Gather all lines in the entries that include the word "within".

***** EXERCISE MATERIALS *****

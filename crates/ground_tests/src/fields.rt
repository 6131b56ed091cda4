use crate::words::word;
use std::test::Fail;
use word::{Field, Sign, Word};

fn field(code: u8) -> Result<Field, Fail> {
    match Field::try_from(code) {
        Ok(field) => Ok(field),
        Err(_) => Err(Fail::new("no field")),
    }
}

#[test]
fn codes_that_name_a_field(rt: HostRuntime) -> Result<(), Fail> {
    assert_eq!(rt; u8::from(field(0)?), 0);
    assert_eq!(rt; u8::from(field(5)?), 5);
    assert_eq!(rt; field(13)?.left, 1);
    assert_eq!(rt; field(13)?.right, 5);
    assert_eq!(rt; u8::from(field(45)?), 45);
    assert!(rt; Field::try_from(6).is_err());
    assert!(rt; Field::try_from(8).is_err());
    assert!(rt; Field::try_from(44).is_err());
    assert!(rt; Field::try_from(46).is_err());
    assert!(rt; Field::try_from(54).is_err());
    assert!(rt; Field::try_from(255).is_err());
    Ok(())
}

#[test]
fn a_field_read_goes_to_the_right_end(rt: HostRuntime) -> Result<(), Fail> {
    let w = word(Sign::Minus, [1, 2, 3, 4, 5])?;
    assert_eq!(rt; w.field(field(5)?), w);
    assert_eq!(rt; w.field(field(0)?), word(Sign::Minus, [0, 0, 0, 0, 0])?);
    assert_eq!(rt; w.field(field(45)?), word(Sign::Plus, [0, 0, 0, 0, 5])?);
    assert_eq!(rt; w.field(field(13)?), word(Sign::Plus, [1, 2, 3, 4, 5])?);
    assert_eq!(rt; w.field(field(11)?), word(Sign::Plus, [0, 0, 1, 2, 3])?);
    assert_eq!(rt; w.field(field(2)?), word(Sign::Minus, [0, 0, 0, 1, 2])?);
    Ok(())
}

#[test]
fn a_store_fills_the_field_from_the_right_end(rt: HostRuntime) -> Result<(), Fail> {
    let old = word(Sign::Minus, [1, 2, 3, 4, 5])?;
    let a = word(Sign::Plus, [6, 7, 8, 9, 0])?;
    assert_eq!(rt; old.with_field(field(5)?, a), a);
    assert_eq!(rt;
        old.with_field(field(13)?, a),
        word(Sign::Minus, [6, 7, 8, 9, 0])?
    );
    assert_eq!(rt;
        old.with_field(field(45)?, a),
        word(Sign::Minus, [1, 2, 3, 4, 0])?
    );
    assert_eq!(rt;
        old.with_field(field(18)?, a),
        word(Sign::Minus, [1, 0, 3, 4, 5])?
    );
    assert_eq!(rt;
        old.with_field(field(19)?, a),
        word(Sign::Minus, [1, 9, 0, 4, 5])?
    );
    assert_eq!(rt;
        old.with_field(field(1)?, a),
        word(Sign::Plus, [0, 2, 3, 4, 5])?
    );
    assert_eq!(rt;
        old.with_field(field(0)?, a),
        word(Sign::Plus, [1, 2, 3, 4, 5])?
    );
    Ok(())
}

*****
***** EXERCISE MATERIALS *****

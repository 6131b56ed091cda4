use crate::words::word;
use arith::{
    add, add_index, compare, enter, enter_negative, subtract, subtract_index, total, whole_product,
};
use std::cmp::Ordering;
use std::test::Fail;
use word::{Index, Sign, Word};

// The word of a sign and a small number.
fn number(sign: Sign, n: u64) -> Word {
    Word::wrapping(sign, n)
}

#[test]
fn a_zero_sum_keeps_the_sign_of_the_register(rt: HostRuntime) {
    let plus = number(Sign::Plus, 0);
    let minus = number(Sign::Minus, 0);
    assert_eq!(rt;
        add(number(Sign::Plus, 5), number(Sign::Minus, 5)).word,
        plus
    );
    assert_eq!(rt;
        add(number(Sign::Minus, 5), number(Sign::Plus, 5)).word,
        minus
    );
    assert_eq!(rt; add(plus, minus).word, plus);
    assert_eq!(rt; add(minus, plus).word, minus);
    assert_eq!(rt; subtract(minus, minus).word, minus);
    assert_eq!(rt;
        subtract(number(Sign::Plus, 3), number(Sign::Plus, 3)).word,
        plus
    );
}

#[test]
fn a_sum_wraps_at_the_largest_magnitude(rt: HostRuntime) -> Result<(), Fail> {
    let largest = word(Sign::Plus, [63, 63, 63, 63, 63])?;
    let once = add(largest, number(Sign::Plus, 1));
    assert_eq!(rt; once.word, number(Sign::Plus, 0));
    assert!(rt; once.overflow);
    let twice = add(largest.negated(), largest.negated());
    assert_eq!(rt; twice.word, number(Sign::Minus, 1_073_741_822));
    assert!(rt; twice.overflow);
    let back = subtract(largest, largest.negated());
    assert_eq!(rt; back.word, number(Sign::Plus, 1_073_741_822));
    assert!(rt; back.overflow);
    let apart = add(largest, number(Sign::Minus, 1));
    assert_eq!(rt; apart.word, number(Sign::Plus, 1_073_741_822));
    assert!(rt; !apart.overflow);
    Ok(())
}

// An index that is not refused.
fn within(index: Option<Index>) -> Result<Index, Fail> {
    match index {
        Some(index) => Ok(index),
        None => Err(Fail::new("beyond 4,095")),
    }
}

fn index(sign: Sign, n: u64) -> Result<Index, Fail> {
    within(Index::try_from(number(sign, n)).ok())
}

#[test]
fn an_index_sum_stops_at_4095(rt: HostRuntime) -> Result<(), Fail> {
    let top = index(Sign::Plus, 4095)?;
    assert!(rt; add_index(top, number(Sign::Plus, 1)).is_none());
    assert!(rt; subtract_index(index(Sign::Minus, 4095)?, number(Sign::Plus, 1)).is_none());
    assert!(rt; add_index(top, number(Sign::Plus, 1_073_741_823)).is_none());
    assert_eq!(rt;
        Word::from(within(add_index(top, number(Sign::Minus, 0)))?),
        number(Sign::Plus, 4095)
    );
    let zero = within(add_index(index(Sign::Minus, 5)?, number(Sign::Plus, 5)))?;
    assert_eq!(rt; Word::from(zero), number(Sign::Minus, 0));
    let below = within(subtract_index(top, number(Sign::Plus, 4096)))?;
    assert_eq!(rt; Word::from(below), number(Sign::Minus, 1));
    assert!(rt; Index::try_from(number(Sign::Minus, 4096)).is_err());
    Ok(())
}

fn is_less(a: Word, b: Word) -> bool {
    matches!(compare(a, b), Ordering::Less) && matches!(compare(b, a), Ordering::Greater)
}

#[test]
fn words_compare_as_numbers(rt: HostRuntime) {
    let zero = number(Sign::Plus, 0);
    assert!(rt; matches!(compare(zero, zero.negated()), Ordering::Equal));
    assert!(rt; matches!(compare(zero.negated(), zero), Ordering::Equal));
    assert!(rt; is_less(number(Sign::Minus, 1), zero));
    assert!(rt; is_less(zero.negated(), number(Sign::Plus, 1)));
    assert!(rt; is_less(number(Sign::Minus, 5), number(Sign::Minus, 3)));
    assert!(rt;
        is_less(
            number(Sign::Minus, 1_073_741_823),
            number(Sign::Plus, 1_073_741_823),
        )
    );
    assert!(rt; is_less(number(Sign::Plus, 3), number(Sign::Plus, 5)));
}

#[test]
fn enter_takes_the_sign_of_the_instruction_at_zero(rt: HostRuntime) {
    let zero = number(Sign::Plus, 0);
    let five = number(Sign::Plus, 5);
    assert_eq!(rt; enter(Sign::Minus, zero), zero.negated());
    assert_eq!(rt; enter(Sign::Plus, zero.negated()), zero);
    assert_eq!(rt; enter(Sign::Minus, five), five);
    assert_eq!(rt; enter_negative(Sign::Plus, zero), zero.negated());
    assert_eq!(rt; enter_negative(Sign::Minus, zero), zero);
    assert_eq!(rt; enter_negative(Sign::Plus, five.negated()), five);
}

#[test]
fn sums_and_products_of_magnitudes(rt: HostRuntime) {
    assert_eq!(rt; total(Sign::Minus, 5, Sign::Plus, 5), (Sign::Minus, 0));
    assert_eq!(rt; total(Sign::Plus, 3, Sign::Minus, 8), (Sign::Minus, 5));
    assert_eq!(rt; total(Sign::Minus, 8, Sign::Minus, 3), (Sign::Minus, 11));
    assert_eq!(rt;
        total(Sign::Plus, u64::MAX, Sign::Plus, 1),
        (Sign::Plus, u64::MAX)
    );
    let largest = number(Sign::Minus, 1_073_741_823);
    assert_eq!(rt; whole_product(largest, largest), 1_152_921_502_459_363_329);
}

*****

* **EXERCISE OUTPUT**:
fn within(index: Option<Index>) -> Result<Index, Fail> {
    within(Index::try_from(number(sign, n)).ok())
        Word::from(within(add_index(top, number(Sign::Minus, 0)))?),
    let zero = within(add_index(index(Sign::Minus, 5)?, number(Sign::Plus, 5)))?;
    let below = within(subtract_index(top, number(Sign::Plus, 4096)))?;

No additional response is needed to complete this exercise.